Measurement of CO,HCN,and NO productions in atmospheric reaction induced by femtosecond laser filament

Xiao-Dong Huang(黃曉東) Meng Zhang(張夢(mèng)) Lun-Hua Deng(鄧倫華)Shan-Biao Pang(龐山彪) Ke Liu(劉珂) and Huai-Liang Xu(徐淮良)

1State Key Laboratory of Precision Spectroscopy,East China Normal University(ECNU),Shanghai 200062,China

2State Key Laboratory of Integrated Optoelectronics,College of Electronic Science and Engineering,Jilin University,Changchun 130012,China

3Chinese Academy of Sciences Center for Excellence in Ultra-Intense Laser Science,Shanghai 201800,China

Keywords: femtosecond laser filament,atmospheric reaction,CO,HCN,NO

1. Introduction

When the ultrashort laser pulses focus on the air, a plasma channel called filament is formed due to Kerr’s selffocusing and plasma defocusing effect. Filament provides a unique environment with high intensity. The atmospheric molecules present in the filament are ionized or dissociated into transient species,followed by chemical reactions,changing the atmospheric compositions and even forming aerosols and particles.[1]Filament-induced gaseous chemical reactions facilitate complex molecular synthesis. In humid air,the filament plasma promotes the production of nitric acid precursors and assists the synthesis of biopolymers thought essential for the emergence of life, providing further molecular complexity. On the other hand,the high-intensity filament can be generated in the atmosphere in the kilometer range and hundreds of meters long. These remote modifications to the air via filaments are ideal for atmospheric applications.[2-6]Therefore,the generation and evolution of the precursor species during filaments are essential to reveal the laser-induced molecular synthesis relating to atmospheric chemistry and filament application. Previous studies were mainly devoted to the discussion about the filament-induced atmospheric nitrogen chemistry. The nitrogen-containing products NOxin atmospheric filaments, acting as the precursors for nitric acid and helping the nucleation of H2O-HNO3in humid air,were monitored by analyzers and cavity-enhanced absorption spectroscopy.[7,8]However, the other stable molecules, such as CO and HCN,also crucial in atmospheric chemistry, especially in prebiotic chemistry,[9]have not been considered in filaments generated reactions. In this work the generation and evolution of NO,CO, and HCN generated by filaments in air are reported, involving the H, C, N, and O transformations of atmospheric molecules.

2. Experimental setup

Figure 1 shows the schematic diagram of the experimental setup. A Ti:sapphire laser supplying 35-fs,1-kHz pulses at the central wavelength of 808 nm was adopted, and the laser pulse energy was 7 mJ. Unless otherwise specified, the laser pulse energy used in this experiment is maintained at 1.2 mJ.A lens with focal lengthf=75 cm formed a filament in a quartz glass cylindrical absorption cell with 5 cm in diameter and 60 cm in length, which provides a volume for sufficient reactions. The laser beams of three mid-infrared tunable diode lasers (Nanoplus GmbH), operating at 4844 nm,5298 nm,and 3060 nm,passed through the absorption cell to measure the spectra of CO,NO,and HCN.The beams of the three lasers were switched through optical components. The sealed absorption cell sustained stable air-from lower pressure to an atmosphere. The sinusoidal signal provided by the lockin amplifier and the triangular signal provided by the function generator were first combined in an adder. Then the combined signal was sent to the laser controller to realize laser wavelength scanning and modulation. The power of the laser changes with the operating current, with a maximum power value being 6 mW. Several cooled IR detectors (VIGO system)were switched through optical components to receive the specific laser beam passed through the absorption cell. The received signals were sent to the lock-in amplifier for demodulation to obtain the wavelength modulated spectrum.

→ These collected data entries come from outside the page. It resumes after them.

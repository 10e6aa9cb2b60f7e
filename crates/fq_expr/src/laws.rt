//! Laws of the definitions, proved for all values.
ghost use Rattle.std.specs.Prelude.{◌≡◌, ◌<◌, ℕ, IsSome, IsTrue, List, Ok, Some, option_map};
ghost use Rattle.fq_column.specs.Frame.{Fields, Name, Row, names_of, same_name};
ghost use Rattle.fq_column.specs.Lists.{is_distinct};
ghost use Rattle.fq_column.specs.Stream.{Stream, then_stream};
ghost use Rattle.fq_column.specs.Agreement.{AgreeOn, StreamsAgreeOn, marked};
ghost use Rattle.fq_column.specs.declared.cells.Cell.{Cell};
ghost use Rattle.fq_notation.specs.Multiplied.{factor, rescaled, times};
ghost use Rattle.fq_notation.specs.Notation.{Named};
ghost use Rattle.fq_notation.specs.Scales.{ScaleRange, is_possible};
ghost use Rattle.fq_notation.specs.declared.followed.Followed.{Followed};
ghost use Rattle.fq_notation.specs.declared.followed.Followed.TheVariants.{Numbers};
ghost use Rattle.fq_expr.specs.Expression.{Expression, Step};
ghost use Rattle.fq_expr.specs.Followed.{followed};
ghost use Rattle.fq_expr.specs.Homogeneous.{is_homogeneous};
ghost use Rattle.fq_expr.specs.Kinds.{step_schema};
ghost use Rattle.fq_expr.specs.Needed.{names_read, needed_before};
ghost use Rattle.fq_expr.specs.Steps.{apply_step, apply_steps};
ghost use Rattle.fq_expr.specs.Value.{value_of};

/// Row-wise steps on two streams joined are the steps on each, joined: so a file cut into batches means what the whole
/// file means.
pub fn steps_of_joined_streams<F>()
    ensures { (overflow : ℕ → ℕ → F) (n : ℕ) (fields : Fields) (steps : List Step) (u v : Stream F) →
        apply_steps overflow n fields steps (then_stream u v)
        ≡ then_stream (apply_steps overflow n fields steps u) (apply_steps overflow n fields steps v) }
{}

/// The columns that an expression does not name are not part of its value: rows that agree in those that it names give it the same
/// value, or both a fault.
pub fn value_of_read_columns()
    ensures { (fields : Fields) (e : Expression) (row other : Row) → AgreeOn (marked (names_read e) fields) row other →
        value_of fields e row ≡ value_of fields e other }
{}

/// The columns that a row-wise step does not need are not part of what it makes of those that are needed after it: it takes streams
/// that agree in the columns that it needs to streams that agree in these, with the same end.
pub fn step_on_needed_columns<F>()
    ensures { (overflow : ℕ → ℕ → F) (n : ℕ) (fields after : Fields) (step : Step) (needed : List Name) (u v : Stream F) →
        IsTrue (is_distinct same_name (names_of fields)) → step_schema fields step ≡ Ok after →
        StreamsAgreeOn (marked (needed_before step needed) fields) u v →
        StreamsAgreeOn (marked needed after) (apply_step overflow n fields step u) (apply_step overflow n fields step v) }
{}

/// The scale that is read of an expression is possible, and no other is.
pub fn scale_that_is_read()
    ensures possible { (fields : Fields) (named : List Named) (e : Expression) (scales : ScaleRange) (n : ℕ) →
        followed fields named e ≡ Some (Numbers scales) → scales.read ≡ Some n → IsTrue (is_possible scales n) }
    ensures alone { (fields : Fields) (named : List Named) (e : Expression) (scales : ScaleRange) (n m : ℕ) →
        followed fields named e ≡ Some (Numbers scales) → scales.read ≡ Some n → IsTrue (is_possible scales m) → m ≡ n }
{}

/// Scales are right whatever a place after the point counts for: if each int of a column of scale s is multiplied by r to the power s, so
/// is the value of an expression, by its own scale, unless it overflows. The expression has no literal numbers, and each quotient of
/// numbers in it is of two sides of one scale.
pub fn value_keeps_scale()
    ensures read { (fields : Fields) (named : List Named) (e : Expression) (scales : ScaleRange) →
        IsTrue (is_homogeneous fields named e) → followed fields named e ≡ Some (Numbers scales) → IsSome scales.read }
    ensures multiplied { (r : ℕ) (fields : Fields) (named : List Named) (e : Expression) (f : Followed) (row : Row) (cell : Cell) → 0 < r →
        IsTrue (is_homogeneous fields named e) → followed fields named e ≡ Some f →
        value_of fields e (rescaled r fields named row) ≡ Some cell → option_map (times (factor r f)) (value_of fields e row) ≡ Some cell }
{}
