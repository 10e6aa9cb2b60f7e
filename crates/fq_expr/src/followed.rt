//! What the ints of an expression are, by what those of the columns are.
ghost use Rattle.std.specs.Prelude.{◌≡◌, ◌≤◌, ◌<◌, nat_abs};
ghost use Rattle.fq_expr.specs.ExpressionData.{expression_of};
ghost use Rattle.fq_expr.specs.Followed.{binary_followed, divided, either, either_of_two, either_with, followed, has_columns, is_as_day, is_null, literal, negated, of_null, other_of, part_of_day, product_of, remainder, scales_of_divisor, scales_of_factor, sum, sum_of_two, unary_followed, zeros_within};

use crate::expressions::{Binary, Expr, Unary};
use fq_column::{Kind, Schema};
use fq_notation::{Followed, NamedNotations, Scales};

impl Expr {
    /// What the ints of the expression stand for, by the notations under the names of a schema's columns. Allocates nothing.
    ///
    /// `None` if they cannot stand for anything: in a sum or a comparison, numbers of different scales, or a number and a day. Arithmetic on
    /// days gives their parts alone, by a quotient or a remainder.
    pub fn followed(&self, schema: &Schema, named: &NamedNotations) -> Option<Followed>
        ensures { result ≡ followed schema.now named.now (expression_of self.now) }
    {
        match self {
            Expr::Col(name) => Some(Followed::of_named(schema, named, name.as_str())),
            Expr::Null(kind) => Some(of_null(*kind)),
            Expr::Whole(number) => Some(Followed::Numbers(scales_of_factor(number.unsigned_abs()))),
            Expr::Text(_) | Expr::Truth(_) => Some(Followed::Others),
            Expr::One(op, part) => {
                let part = part.followed(schema, named)?;
                unary_followed(*op, part)
            }
            Expr::Two(op, left, right) => {
                let left_is = left.followed(schema, named)?;
                let right_is = right.followed(schema, named)?;
                binary_followed(*op, left, left_is, right, right_is)
            }
        }
    }

    /// The number that the expression is, without its sign.
    fn literal(&self) -> Option<u64>
        ensures { result ≡ literal (expression_of self.now) }
    {
        match self {
            Expr::Whole(number) => Some(number.unsigned_abs()),
            Expr::One(Unary::Neg, part) => part.literal(),
            _ => None,
        }
    }

    /// Whether the expression is a null, whatever its sign.
    fn is_null(&self) -> bool
        ensures { result ≡ is_null (expression_of self.now) }
    {
        match self {
            Expr::Null(_) => true,
            Expr::One(Unary::Neg, part) => part.is_null(),
            _ => false,
        }
    }

    /// Whether the expression is a number of as many digits as a day has, or a null.
    fn is_as_day(&self) -> bool
        ensures { result ≡ is_as_day (expression_of self.now) }
    {
        self.is_null()
            || match self.literal() {
                Some(number) => number >= 10_000_000 && number < 100_000_000,
                None => false,
            }
    }

    /// Whether the expression reads a column.
    pub(crate) fn has_columns(&self) -> bool
        ensures { result ≡ has_columns (expression_of self.now) }
    {
        match self {
            Expr::Col(_) => true,
            Expr::Null(_) | Expr::Whole(_) | Expr::Text(_) | Expr::Truth(_) => false,
            Expr::One(_, part) => part.has_columns(),
            Expr::Two(_, left, right) => left.has_columns() || right.has_columns(),
        }
    }
}

// How many zeros a number ends in, at most so many.
fn zeros_within(most: u8, number: u64) -> u8
    requires { most ≤ 18 }
    ensures zeros { result ≡ zeros_within most number }
    ensures few { result ≤ most }
{
    if most > 0 && number > 0 && number % 10 == 0 {
        1 + zeros_within(most - 1, number / 10)
    } else {
        0
    }
}

// The scales of a number in a product: a power of ten may move the point.
pub(crate) fn scales_of_factor(number: u64) -> Scales
    ensures { result ≡ scales_of_factor number }
{
    let zeros = zeros_within(Scales::MAX, number);
    if zeros > 0 && number == 10u64.pow(u32::from(zeros)) {
        Scales::up_to(zeros)
    } else {
        Scales::only(0)
    }
}

// The scales of a divisor: zeros at its end may move the point.
fn scales_of_divisor(number: u64) -> Scales
    ensures { result ≡ scales_of_divisor number }
{
    let zeros = zeros_within(Scales::MAX, number);
    if zeros > 0 {
        Scales::up_to(zeros)
    } else {
        Scales::only(0)
    }
}

fn of_null(kind: Kind) -> Followed
    ensures { result ≡ of_null kind }
{
    match kind {
        Kind::Whole => Followed::Numbers(Scales::only(0)),
        Kind::Text | Kind::Truth => Followed::Others,
    }
}

fn negated(part: Followed) -> Option<Followed>
    ensures { result ≡ negated part }
{
    match part {
        Followed::Numbers(_) => Some(part),
        Followed::Days | Followed::Others => None,
    }
}

fn unary_followed(op: Unary, part: Followed) -> Option<Followed>
    ensures { result ≡ unary_followed op part }
{
    match op {
        Unary::Neg => negated(part),
        Unary::Not | Unary::IsNull | Unary::IsNotNull => Some(Followed::Others),
    }
}

fn sum_of_two(left: Followed, right: Followed) -> Option<Followed>
    ensures { result ≡ sum_of_two left right }
{
    let (left, right) = (left.numbers()?, right.numbers()?);
    Some(Followed::Numbers(left.common(right)?))
}

// A sum or a difference, or a remainder of numbers.
fn sum(left: &Expr, left_is: Followed, right: &Expr, right_is: Followed) -> Option<Followed>
    ensures { result ≡ sum (expression_of left.now) left_is (expression_of right.now) right_is }
{
    match (left.has_columns(), right.has_columns()) {
        (true, false) => negated(left_is),
        (false, true) => negated(right_is),
        _ => sum_of_two(left_is, right_is),
    }
}

fn either_of_two(left: Followed, right: Followed) -> Option<Followed>
    ensures { result ≡ either_of_two left right }
{
    match left {
        Followed::Numbers(_) => sum_of_two(left, right),
        Followed::Days | Followed::Others if left == right => Some(left),
        Followed::Days | Followed::Others => None,
    }
}

// What one side is beside one that reads no column.
fn either_with(side: Followed, other: &Expr) -> Option<Followed>
    ensures { result ≡ either_with side (expression_of other.now) }
{
    match side {
        Followed::Days if !other.is_as_day() => None,
        _ => Some(side),
    }
}

// One of two that are of one sort.
fn either(left: &Expr, left_is: Followed, right: &Expr, right_is: Followed) -> Option<Followed>
    ensures { result ≡ either (expression_of left.now) left_is (expression_of right.now) right_is }
{
    match (left.has_columns(), right.has_columns()) {
        (true, false) => either_with(left_is, right),
        (false, true) => either_with(right_is, left),
        _ => either_of_two(left_is, right_is),
    }
}

fn product_of(left: Followed, right: Followed) -> Option<Followed>
    ensures { result ≡ product_of left right }
{
    let (left, right) = (left.numbers()?, right.numbers()?);
    Some(Followed::Numbers(left.product(right)?))
}

// A part of a day, by a number, a null or what may be digits.
fn part_of_day(by: &Expr, by_is: Followed) -> Option<Followed>
    ensures { result ≡ part_of_day (expression_of by.now) by_is }
{
    match by_is {
        Followed::Numbers(scales)
            if by.literal().is_some() || by.is_null() || (by.has_columns() && scales.may_be(0)) => {
            Some(Followed::Numbers(Scales::only(0)))
        }
        _ => None,
    }
}

fn divided(left: Followed, by: &Expr, by_is: Followed) -> Option<Followed>
    ensures { result ≡ divided left (expression_of by.now) by_is }
{
    match left {
        Followed::Numbers(scales) => {
            let scales_by = by_is.numbers()?;
            let scales_by = match by.literal() {
                Some(number) => scales_of_divisor(number),
                None => scales_by,
            };
            Some(Followed::Numbers(scales.quotient(scales_by)?))
        }
        Followed::Days => part_of_day(by, by_is),
        Followed::Others => None,
    }
}

fn remainder(left: &Expr, left_is: Followed, by: &Expr, by_is: Followed) -> Option<Followed>
    ensures { result ≡ remainder (expression_of left.now) left_is (expression_of by.now) by_is }
{
    match left_is {
        Followed::Numbers(_) => sum(left, left_is, by, by_is),
        Followed::Days => part_of_day(by, by_is),
        Followed::Others => None,
    }
}

fn other_of(parts: Option<Followed>) -> Option<Followed>
    ensures { result ≡ other_of parts }
{
    match parts {
        Some(_) => Some(Followed::Others),
        None => None,
    }
}

fn binary_followed(
    op: Binary,
    left: &Expr,
    left_is: Followed,
    right: &Expr,
    right_is: Followed,
) -> Option<Followed>
    ensures { result ≡ binary_followed op (expression_of left.now) left_is (expression_of right.now) right_is }
{
    match op {
        Binary::Add | Binary::Sub => sum(left, left_is, right, right_is),
        Binary::Mul => product_of(left_is, right_is),
        Binary::FloorDiv => divided(left_is, right, right_is),
        Binary::Mod => remainder(left, left_is, right, right_is),
        Binary::Eq
        | Binary::Ne
        | Binary::Lt
        | Binary::Le
        | Binary::Gt
        | Binary::Ge
        | Binary::EqMissing => other_of(either(left, left_is, right, right_is)),
        Binary::And | Binary::Or => Some(Followed::Others),
        Binary::FillNull => either(left, left_is, right, right_is),
    }
}
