//! Reads that a signal interrupts.
ghost use Rattle.std.specs.Prelude.{◌≡◌, ◌≢◌, IfErr, IfNone, IfSome, IsErrAnd};
ghost use Rattle.std.specs.Io.{ReadsAtMost};
ghost use Rattle.std.specs.Io.KnownBytes.{ReadConsumes};
ghost use Rattle.std.specs.IoError.{error_kind};

use std::io;
use std::io::{ErrorKind, Read};

/// A reader whose reads are tried again if a signal interrupts them, as those of `read_to_end` are.
#[derive(Drop)]
pub(crate) struct Retrying<R> {
    pub(crate) reader: R,
}

impl<R: Read> Read for Retrying<R> {
    ghost remaining = { λ r. R.remaining r.reader };

    fn read(&mut self, buffer: &mut [u8]) -> io::Result<usize>
        ensures bound { ReadsAtMost result buffer.new }
        ensures bytes { ReadConsumes (R.remaining self.old.reader) (R.remaining self.new.reader) result buffer.new }
        ensures retried { IfErr result (λ error. error_kind error ≢ ErrorKind.Interrupted) }
    {
        for _ in 0..u64::MAX {
            if let Some(answer) = unless_interrupted(self.reader.read(buffer)) {
                return answer;
            }
        }
        // never reached: no run lives through so many rounds
        Err(io::Error::from(ErrorKind::Other))
    }
}

// The answer of a read as it is, or nothing if a signal interrupted it.
fn unless_interrupted(answer: io::Result<usize>) -> Option<io::Result<usize>>
    ensures same { IfSome result (λ a. (a ≡ answer) × IfErr answer (λ error. error_kind error ≢ ErrorKind.Interrupted)) }
    ensures interrupted { IfNone result (IsErrAnd answer (λ error. error_kind error ≡ ErrorKind.Interrupted)) }
{
    match answer {
        Err(error) if error.kind() == ErrorKind::Interrupted => None,
        answer => Some(answer),
    }
}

Fig. 1. Experimental setup for femtosecond laser filament-induced atmospheric reaction and absorption spectra measurement. DL:diode lasers,and BD:beam dump.

3. Experimental results and discussion

The production and evolution of CO, NO, and HCN are monitored by using laser absorption spectroscopy. The stronger absorption line intensities in the mid-infrared region provide high detection sensitivity for the generated products. Figure 2 shows the spectra measured by direct absorption spectroscopy for determining the absolute concentration and the supplemented wavelength modulation absorption spectroscopy with enhanced sensitivity for trace products monitoring. The P19transition of CO fundamental vibration band (υ＇= 1)←(υ＇＇= 0) at 2064.3969 cm-1is used to measure CO. The P13transition in (υ＇= 1 000)←(υ＇＇=0 000) vibration band at 3271.443160 cm-1is used to measure HCN. The isolated molecular absorption peaks for CO and HCN measurements are shown in Figs.2(a)and 2(b),respectively. The frequency intervals of the absorption lines are too close to be resolved and the mixed absorption peaks of NO molecules are shown in Fig. 2(c). The transitions of NO are assigned to the fundamental vibration bands in X2Π1/2(υ＇=1)←X2Π1/2(υ＇=0)and X2Π3/2(υ＇=1)←X2Π3/2(υ＇＇=0)systems. The generated products gradually accumulate and evolve with reaction time in the absorption cell. The spectral intensities of CO,HCN,and NO,defined as the peak values of wavelength modulation absorption spectra illustrated in Fig.2 are continuously monitored with the reaction time at varying air pressures.

Fig.2. Measured direct absorption(DA)spectra(red lines)and wavelength modulation absorption spectra(black lines)of(a)CO,(b)HCN,and(c)NO produced from filaments-induced atmospheric reaction.

Figure 3(a)shows that the CO spectral intensity increases gradually with reaction time increasing in 10-Pa air. In contrast, the spectral intensities first increase, then decrease slowly in 150-Pa and 250-Pa airs, reaching their corresponding maximum values at 10 min and 5 min. A decrease of the time to reach the maximum spectral intensity of CO with increasing air pressure is observed. The phenomena in Fig.3(a)can be explained below. The generated CO molecules suffer the rotation excitation induced by filaments that enhance the population at the lower level,resulting in the enhancement of absorption spectra. However,the continuous excitation by the filaments may also depopulate the low level,causing the spectral intensity to decrease with time going by. Another reason for the spectral intensity decreasing with time going by is that the consumption of CO due to its reacting with other products surpasses the generation of CO,which will be further described below. Therefore, we use the spectral intensities to represent the CO accumulation because the rotation excitation enhanced absorption spectra do not accurately describe the CO number density. The maximum spectral intensities of CO at other air pressures are normalized to the maximum value at 10 Pa as shown in Fig. 3(b). The CO spectral intensity decreases dramatically with air pressure increasing.

Fig.3. Reaction-time-dependent wavelength modulation absorption spectral intensities at different air pressures for(a)CO,(c)HCN,and(e)NO.Pressuredependent maximum spectral intensities for(b)CO,(d)HCN,and(f)NO.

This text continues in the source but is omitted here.